Exercise prompt: Lines to return, exactly: from the line with "which each stands" to the line with "make and unite" in the entries below, both included.

Material to process:

//! Labels that mean terms, and labels that mean source bytes alone.
//!
//! Crates above rest on this: `Nodes` are labels for whoever tracks an epoch: a label stands for source bytes and for start
//! locations (`node_words`). `SourceLabels` are labels for whoever tracks a whole run: the same labels, of which each stands
//! for its source bytes alone (`label_words`), since what was anywhere at the run's start came from none. Both make and unite
//! labels by what they mean, as the trait `Labels` says, and `read` reads that; `has_source` tells whether a label means any
//! source byte. A label that is a node stands for one of the nodes of a log.
#![tactic(auto)]

mod labels;
mod nodes;

pub use labels::SourceLabels;
pub use nodes::Nodes;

Written answer:
//! locations (`node_words`). `SourceLabels` are labels for whoever tracks a whole run: the same labels, of which each stands
//! for its source bytes alone (`label_words`), since what was anywhere at the run's start came from none. Both make and unite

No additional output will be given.